━━ MATERIAL SHOWN ━━

// Its wait, unless it tells how many items it drains.
fn put_wait(body: &mut ObjectText, drains: Option<u64>, wait: Option<Wait>) -> Result<(), NoMemory>
    ensures { OnOk result (WritesRow (wait_unless_max_row drains wait) body.old body.new) }
{
    match (drains, wait) {
        (Some(_), _) | (None, None) => Ok(()),
        (None, Some(Wait::Now)) => body.put_text("wait", "now"),
        (None, Some(Wait::Millis(millis))) => body.put_whole("wait", millis),
        (None, Some(Wait::Forever)) => body.put_text("wait", "forever"),
    }
}

fn put_answer(body: &mut ObjectText, answer: &Answer) -> Result<(), NoMemory>
    ensures { OnOk result (Completes (answer_row answer.now) body.old body.new) }
{
    match answer {
        Answer::Welcome {
            epoch,
            client,
            incarnation,
            version,
        } => {
            body.put_whole("client", *client)?;
            body.put_whole("epoch", *epoch)?;
            body.put_whole("incarnation", *incarnation)?;
            body.put_text("kind", "welcome")?;
            put_version(body, *version)
        }
        Answer::Replied { key, reply } => put_reply(body, key, reply),
        Answer::Waiting { key } => put_keyed(body, "waiting", key),
        Answer::Refused(refusal) => put_refusal(body, *refusal),
    }
}

fn put_reply(body: &mut ObjectText, key: &Key, reply: &Reply) -> Result<(), NoMemory>
    ensures { OnOk result (Completes (answer_row (Answer.Replied key.now reply.now)) body.old body.new) }
{
    match reply {
        Reply::Done => put_told(body, key, "done"),
        Reply::Received => put_told(body, key, "received"),
        Reply::ReceivedBy(taker) => {
            put_taker(body, taker)?;
            put_told(body, key, "received")
        }
        Reply::Nobody => put_told(body, key, "nobody"),
        Reply::Item(item) => put_told_item(body, key, "item", item),
        Reply::Empty => put_told(body, key, "empty"),
        Reply::Swapped(item) => put_told_item(body, key, "swapped", item),
        Reply::TimedOut => put_told(body, key, "timedout"),
        Reply::Cancelled => put_told(body, key, "cancelled"),
        Reply::Counted { items, consumers } => put_counted(body, key, *items, *consumers),
        Reply::Peeked(item) => put_told_item(body, key, "peeked", item),
        Reply::Drained(items) => {
            put_told(body, key, "drained")?;
            body.put_texts("texts", items)
        }
    }
}

// The key of a consumer. Its epoch is that of the answer.
fn put_taker(body: &mut ObjectText, taker: &Key) -> Result<(), NoMemory>
    ensures { OnOk result (WritesRow (taker_row taker.now) body.old body.new) }
{
    body.put_whole("by_client", taker.client)?;
    body.put_whole("by_incarnation", taker.incarnation)?;
    body.put_whole("by_number", taker.number)
}

// A key and the word of a reply.
fn put_told(body: &mut ObjectText, key: &Key, word: &str) -> Result<(), NoMemory>
    ensures { OnOk result
        (WritesRow (session_row key.now ++ word_row key.now.number word.now) body.old body.new) }
{
    put_session(body, key)?;
    put_word(body, key.number, word)
}

// A key, an item and the word of a reply.
fn put_told_item(body: &mut ObjectText, key: &Key, word: &str, item: &Item) -> Result<(), NoMemory>
    ensures { OnOk result (WritesRow
        (session_row key.now ++ (item_row (Some item.now) ++ word_row key.now.number word.now))
        body.old body.new) }
{
    put_session(body, key)?;
    body.put_text("item", item.as_str())?;
    put_word(body, key.number, word)
}

// The last members of a key and the word of a reply.
fn put_word(body: &mut ObjectText, number: u64, word: &str) -> Result<(), NoMemory>
    ensures { OnOk result (WritesRow (word_row number word.now) body.old body.new) }
{
    body.put_text("kind", "reply")?;
    body.put_whole("number", number)?;
    body.put_text("reply", word)
}
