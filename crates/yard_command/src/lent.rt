// What is lent to a conversation.
ghost use Rattle.std.specs.Prelude.{◌+◌, ◌*◌, ◌≤◌, length};

use metric_rules::Row;
use search_rules::Entry;

// The areas that a conversation is lent: a table, its work area, an area for a search's result, and the bytes to print,
// with room for a reply of as many entries as the result area has.
#[derive(Drop)]
pub struct Lent<'a> {
    pub table: &'a mut [Row],
    pub work: &'a mut [Row],
    pub res: &'a mut [Entry],
    pub out: &'a mut [u8],
    ghost room: { 65 + 37 * length res.now ≤ length out.now },
}
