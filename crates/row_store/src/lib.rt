// A row made of its fields, and rows zeroed. `rows` reads what is written here.
#![tactic(auto)]

ghost use Rattle.std.specs.Prelude.{◌≡◌, ◌/◌, ◌%◌, ◌^◌, length, replicate};
ghost use Rattle.metric_rules.specs.Row.{row_of, new_row, zero_row};

use metric_rules::{Profile, ROW_WIDTH, Row};

// The low and the high word of a number of 64 bits.
fn low(n: u64) -> u32
    ensures { result ≡ n % 2 ^ 32 }
{
    (n & 0xffff_ffff) as u32
}

fn high(n: u64) -> u32
    ensures { result ≡ n / 2 ^ 32 }
{
    (n >> 32) as u32
}

// The row of these fields.
pub fn row_of(tag: u64, profile: Profile, threshold: u32, mark: u32, day: u32) -> Row
    ensures { result ≡ row_of tag profile threshold mark day }
{
    let m = profile.measures;
    let c = profile.code;
    [
        low(tag),
        high(tag),
        m[0].cast_unsigned(),
        m[1].cast_unsigned(),
        m[2].cast_unsigned(),
        m[3].cast_unsigned(),
        low(c[0]),
        high(c[0]),
        low(c[1]),
        high(c[1]),
        threshold,
        mark,
        day,
    ]
}

// The row of a new item: no threshold yet, and live.
pub fn new_row(tag: u64, profile: Profile, day: u32) -> Row
    ensures { result ≡ new_row tag profile day }
{
    row_of(tag, profile, 0, 0, day)
}

// Every row becomes zero. Each kind of area has three such lines: a generic function would take the zero, which each
// contract names for its own type, and `fill` says nothing of arrays.
#[tactic(auto, unfolding(metric_rules::specs::Row::zero_row, metric_rules::specs::Row::row_width))]
pub fn zero_rows(rows: &mut [Row])
    ensures { rows.new ≡ replicate (length rows.old) zero_row }
{
    for row in rows.iter_mut() {
        *row = [0u32; ROW_WIDTH];
    }
}
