// Save: a snapshot of the table goes into the part of a name, its image by the writer and the image's length before it.
#![tactic(auto)]

ghost use Rattle.std.specs.Prelude.{◌≡◌, ◌≤◌, min, length};
ghost use Rattle.std.proofs.lemmas.List.Edits.{sets};
ghost use Rattle.image_rules.specs.Bytes.{bytes_of};
ghost use Rattle.image_rules.specs.Write.{write_reply};
ghost use Rattle.state_rules.specs.Parts.{length_bytes, behind_length};
ghost use Rattle.state_rules.specs.Save.{save_reply, states_after_save};
ghost use Rattle.state_save.specs.Part.{part_after_save};

use image_put::put;
use image_rules::Written;
use image_write::write;
use metric_rules::Row;
use state_part::Name;
use state_rules::LENGTH_BYTES;

// Where the image goes in a part of so many bytes: behind the length, or at the end of a part that is too short for
// one.
fn image_start(bytes: usize) -> usize
    ensures { result ≡ min length_bytes bytes }
{
    LENGTH_BYTES.min(bytes)
}

// The four bytes of a length, in place of the one before.
fn put_length(part: &mut [u8], n: u32)
    requires { length_bytes ≤ length part.old }
    ensures { part.new ≡ sets part.old 0 (bytes_of length_bytes n) }
{
    put::<LENGTH_BYTES>(part, 0, n);
}

// The snapshot in its part: 23 and 24, then 6, then the image and its length. The writer's reply is C's, with a
// refusal's number.
fn save_part(table: &[Row], part: &mut [u8]) -> Written
    ensures reply { result ≡ write_reply table.now (behind_length part.old) }
    ensures area { part.new ≡ part_after_save table.now part.old }
{
    let start = image_start(part.len());
    let reply = write(table, &mut part[start..]);
    if reply.refusal != 0 {
        return reply;
    }
    put_length(part, reply.length);
    reply
}

// The whole call: 34 before all.
pub fn save(table: &[Row], states: &mut [u8], name: u32) -> Written
    ensures reply { result ≡ save_reply table.now states.old name }
    ensures states { states.new ≡ states_after_save table.now states.old name }
{
    let name = match Name::new(name) {
        Err(refusal) => {
            return Written {
                refusal: u32::from(refusal),
                length: 0,
            };
        }
        Ok(name) => name,
    };
    let start = name.part_start(states.len());
    let end = name.part_end(states.len());
    save_part(table, &mut states[start..end])
}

━━━

# EXERCISE GOAL
Write out only the lines from the very start of the entries above to the line that includes "fn put_answer(body: &mut", both ends included, each one unchanged.

# THE ANSWER
// Its wait, unless it tells how many items it drains.
fn put_wait(body: &mut ObjectText, drains: Option<u64>, wait: Option<Wait>) -> Result<(), NoMemory>
    ensures { OnOk result (WritesRow (wait_unless_max_row drains wait) body.old body.new) }
{
    match (drains, wait) {
        (Some(_), _) | (None, None) => Ok(()),
        (None, Some(Wait::Now)) => body.put_text("wait", "now"),
        (None, Some(Wait::Millis(millis))) => body.put_whole("wait", millis),
        (None, Some(Wait::Forever)) => body.put_text("wait", "forever"),
    }
}

fn put_answer(body: &mut ObjectText, answer: &Answer) -> Result<(), NoMemory>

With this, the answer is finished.